Pierrehumbert’s project was to evaluate the extent and consistency of glottalization in the two contexts given above (V_V hiatus and coda voiceless stops). Specific contexts examined were 1) postvocalic /t/ preceding sonorant consonant (e.g. scoutmaster), 2) postnasal /t/ preceding sonorant consonant (mint leaves), 3) postvocalic /p/ preceding sonorant consonant (mapmaker), V_V hiatus across word boundary (Calgary airfield), and combination transword V-V hiatus and presonorant coda /t/ (watery oatmeal). Vocal fold adduction intervocalically was expected to give rise to irregular pitch periods (creak), which Pierrehumbert and Talkin (1992) identified as the most spectrally visible feature of creak. No attempt was made to control for other possible sources of irregularity such as low airflow.

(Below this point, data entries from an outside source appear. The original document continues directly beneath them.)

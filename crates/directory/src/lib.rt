//! Directories in trees of nodes: what paths lead to, and trees with one entry changed.
#![tactic(auto)]

mod depths;
mod directory_puts;
mod edits;
mod list_writes;
mod listings;
mod lookups;
mod moves;
mod node_lists;
mod place_stats;
mod places;
mod trail;

pub use depths::{any_is_deeper, depth_laws, is_deeper};
pub use directory_puts::{NamedPlace, put_in_directory};
pub use edits::{put_directory, put_entry, remove_entry};
pub use listings::{entry_count, is_empty, names};
pub use lookups::{Found, found_in, lookup, lookup_laws};
pub use moves::move_entry;
pub use place_stats::stats;
pub use places::places_after;
pub use trail::{Trail, find, find_beside};
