//! What stands at one path moved to another, by the directories that a look up of each went through.
ghost use Rattle.std.specs.Prelude.{◌≡◌, ◌+◌, ◌<◌, true, false, length, drop, slice_index, slice_index_or, [], Some, None, IfOk, IfSome};
ghost use Rattle.std.specs.Option.{is_some};
ghost use Rattle.plain_trees.specs.Trees.{nodes_for};
ghost use Rattle.node_format.specs.Items.{is_place};
ghost use Rattle.node_format.specs.declared.place.Place.TheVariants.{Dir};
ghost use Rattle.nodes.specs.Trees.{items_in};
ghost use Rattle.nodes.specs.Rewritten.{IsSecondEdit, IsFreshChain, IsBranch, IsMoved};
ghost use Rattle.directory.specs.Counts.{nodes_in, edit_nodes, path_nodes, fork_nodes, move_nodes};
ghost use Rattle.directory.specs.Edits.{OnlyReaches};
ghost use Rattle.directory.specs.Trails.{IsHeldTrail, TakesName, IsChangeFault, takes};
ghost use Rattle.directory.specs.Moves as spec;
ghost use Rattle.nodes.specs.Words.{Keeps, WorksWithin};

use crate::edits::{edit_directory, rewrite_from};
use crate::list_writes::write_list;
use crate::node_lists::{edit_list_twice, read_list};
use crate::trail::Trail;
use fs_types::{Fault, Name, Path};
use node_format::Place;
use nodes::Nodes;
use std::alloc::Global;

/// How many names two paths begin with in common.
pub(crate) fn common_names(old: &[Name], new: &[Name]) -> usize
    ensures { result ≡ spec.common old.now new.now }
{
    for (i, name) in old.iter().enumerate() {
        if i == new.len() {
            return i;
        }
        if *name != new[i] {
            return i;
        }
    }
    old.len()
}

/// Writes the directory that begins in a block anew, with one of its names leading to a place, or to
/// nothing, and another name to another place. Answers the block of its first node.
fn edit_directory_twice<N: Nodes>(
    alloc: Global,
    nodes: &mut N,
    block: u32,
    name: &Name,
    gone: Option<Place>,
    other: &Name,
    here: Option<Place>,
) -> Result<u32, Fault>
    requires sound { N.is_sound nodes.old }
    requires takes { spec.TakesTwo (N.node nodes.old) block name.now gone other.now here }

    // The new directory.
    ensures edited { IfOk result (λ to. IsSecondEdit (N.node nodes.old) (N.node nodes.new) block to name.now gone other.now here × IsFreshChain (N.node nodes.old) (N.node nodes.new) (N.kept nodes.old) (N.kept nodes.new) block to) }

    // What it is refused with, and what it asks for.
    ensures calls { WorksWithin N.Nodes IsChangeFault (nodes_in (N.node nodes.old) block) (edit_nodes (items_in (N.node nodes.old) block) other.now (is_some gone)) nodes.old result nodes.new }
    ensures written { IfOk result (λ _. N.writes nodes.new ≡ N.writes nodes.old + nodes_for (spec.edited_twice_count (items_in (N.node nodes.old) block) name.now gone other.now here)) }
{
    let (read, tail) = read_list(alloc, nodes, block, name, None)?;
    let edited = edit_list_twice(alloc, &read.list(), name, gone, other, here)?;
    write_list(alloc, nodes, &edited.list(), tail)
}

/// What a name of a trail leads to once the directories below it are written anew, so that the last
/// name leads to a place, or to nothing; that itself where the name is the last.
fn rewrite_branch<N: Nodes>(
    alloc: Global,
    nodes: &mut N,
    trail: &[u32],
    names: &[Name],
    fork: usize,
    place: Option<Place>,
) -> Result<Option<Place>, Fault>
    requires sound { N.is_sound nodes.old }
    requires fork { fork < length names.now }
    requires place { IfSome place (λ p. is_place p ≡ true) }
    requires way { IsHeldTrail (N.node nodes.old) (N.kept nodes.old) names.now trail.now }
    requires taken { fork + 1 < length names.now → TakesName (N.node nodes.old) trail.now names.now place }

    // What the name leads to then.
    ensures branch { IfOk result (λ now. IsBranch (N.node nodes.old) (N.node nodes.new) (N.kept nodes.old) (N.kept nodes.new) (slice_index trail.now fork) (slice_index_or names.now fork []) (drop (fork + 1) names.now) place now) }
    ensures lawful { IfOk result (λ now. IfSome now (λ p. is_place p ≡ true)) }

    // What it is refused with, and what it asks for.
    ensures calls { WorksWithin N.Nodes IsChangeFault (path_nodes (N.node nodes.old) trail.now names.now false (fork + 1)) (path_nodes (N.node nodes.old) trail.now names.now (is_some place) (fork + 1)) nodes.old result nodes.new }
{
    if fork + 1 == names.len() {
        return Ok(place);
    }
    let next = rewrite_from(alloc, nodes, trail, names, fork + 1, place)?;
    Ok(Some(Place::Dir { block: next }))
}

/// Writes the directories of two trails anew from where their paths part down, the deepest first:
/// the old one leads to nothing, the new one to a place. The directory where they part is written
/// once; answers the block of the new one.
fn rewrite_fork<N: Nodes>(
    alloc: Global,
    nodes: &mut N,
    old_trail: &[u32],
    old: &[Name],
    new_trail: &[u32],
    new: &[Name],
    fork: usize,
    place: Place,
) -> Result<u32, Fault>
    requires sound { N.is_sound nodes.old }
    requires place { is_place place ≡ true }
    requires fork { spec.IsFork (N.node nodes.old) (N.kept nodes.old) old.now old_trail.now new.now new_trail.now place fork }

    // The new directory where the trails part.
    ensures moved { IfOk result (λ to. IsMoved (N.node nodes.old) (N.node nodes.new) (N.kept nodes.old) (N.kept nodes.new) (slice_index old_trail.now fork) to (drop fork old.now) (drop fork new.now) place) }

    // What it is refused with, and what it asks for.
    ensures calls { WorksWithin N.Nodes IsChangeFault (fork_nodes (N.node nodes.old) old_trail.now old.now new_trail.now new.now fork) (fork_nodes (N.node nodes.old) old_trail.now old.now new_trail.now new.now fork) nodes.old result nodes.new }
{
    let gone = rewrite_branch(alloc, nodes, old_trail, old, fork, None)?;
    let here = rewrite_branch(alloc, nodes, new_trail, new, fork, Some(place))?;
    edit_directory_twice(
        alloc,
        nodes,
        old_trail[fork],
        &old[fork],
        gone,
        &new[fork],
        here,
    )
}

/// Moves what stands at one path to another: nothing stands at `old`, what stood there and below
/// stands at `new`, in place of what stood there, and all else stays. `place` is what the path `old`
/// leads to, neither path begins the other, and the trails are those of the paths below the root, as
/// look ups told. Where the two parents are not the same path, `new` stands, or its parent has room
/// for it. Each directory along the two paths is read once more and written anew, the deepest first,
/// and those that both go through once. Answers the block of the new root. The old root stays as it
/// was, whatever is answered.
///
/// Refused only with what reads and writes are refused with, and with `NoMemory`.
pub fn move_entry<N: Nodes>(
    alloc: Global,
    nodes: &mut N,
    root: u32,
    old_trail: &Trail,
    old: &Path,
    new_trail: &Trail,
    new: &Path,
    place: Place,
) -> Result<u32, Fault>
    requires sound { N.is_sound nodes.old }
    requires place { is_place place ≡ true }
    requires sought { spec.MayMove (N.node nodes.old) (N.kept nodes.old) root old.now old_trail.now new.now new_trail.now place }

    // The new tree, and that the old one stays.
    ensures moved { IfOk result (λ to. IsMoved (N.node nodes.old) (N.node nodes.new) (N.kept nodes.old) (N.kept nodes.new) root to old.now new.now place) }
    ensures reaches { IfOk result (λ to. OnlyReaches (N.node nodes.old) (N.node nodes.new) (N.kept nodes.old) root to None) }
    ensures keeps { Keeps N.Nodes nodes.old nodes.new }

    // What it is refused with, and what it asks for.
    ensures calls { WorksWithin N.Nodes IsChangeFault (move_nodes (N.node nodes.old) old_trail.now old.now new_trail.now new.now) (move_nodes (N.node nodes.old) old_trail.now old.now new_trail.now new.now) nodes.old result nodes.new }
{
    let blocks = old_trail.blocks();
    let names = old.names();
    let fork = common_names(names, new.names());
    let mut to = rewrite_fork(
        alloc,
        nodes,
        blocks,
        names,
        new_trail.blocks(),
        new.names(),
        fork,
        place,
    )?;
    for i in (0..fork).rev() {
        let below = Place::Dir { block: to };
        to = edit_directory(alloc, nodes, blocks[i], &names[i], Some(below))?;
    }
    let begins = blocks[0] == root;
    prove!(begins);
    Ok(to)
}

Pierrehumbert found that phrasal stress caused exaggerated articulation at phrase onsets and pitch accents, and led more often to lengthened than exaggerated articulations in other positions. She notes that word-initial glottal stops behave more like consonants than suprasegmental overlays on the vowel, becoming more strongly articulated under stress—although as Pierrehumbert notes in a critique of De Jong’s (1991) hyperarticulation model, the realization of this articulation varies dialectally (in Southern American English, for example, often manifesting as an implosive). Evidently, though, word-initial glottal stops pattern with non-allophonic (phonemic) consonants in this regard, meaning that words and contexts likely to produce this effect can and should be excluded from my study of creak. Coda /t/ allophonic glottalization, on the other hand, does not appear to be affected by these stress patterns, and can probably be safely treated as glottalization rather than consonant insertion. Article appeared in Fujimura, O. and M. Hirano (eds.), Vocal Fold Physiology 8: Voice Quality Control.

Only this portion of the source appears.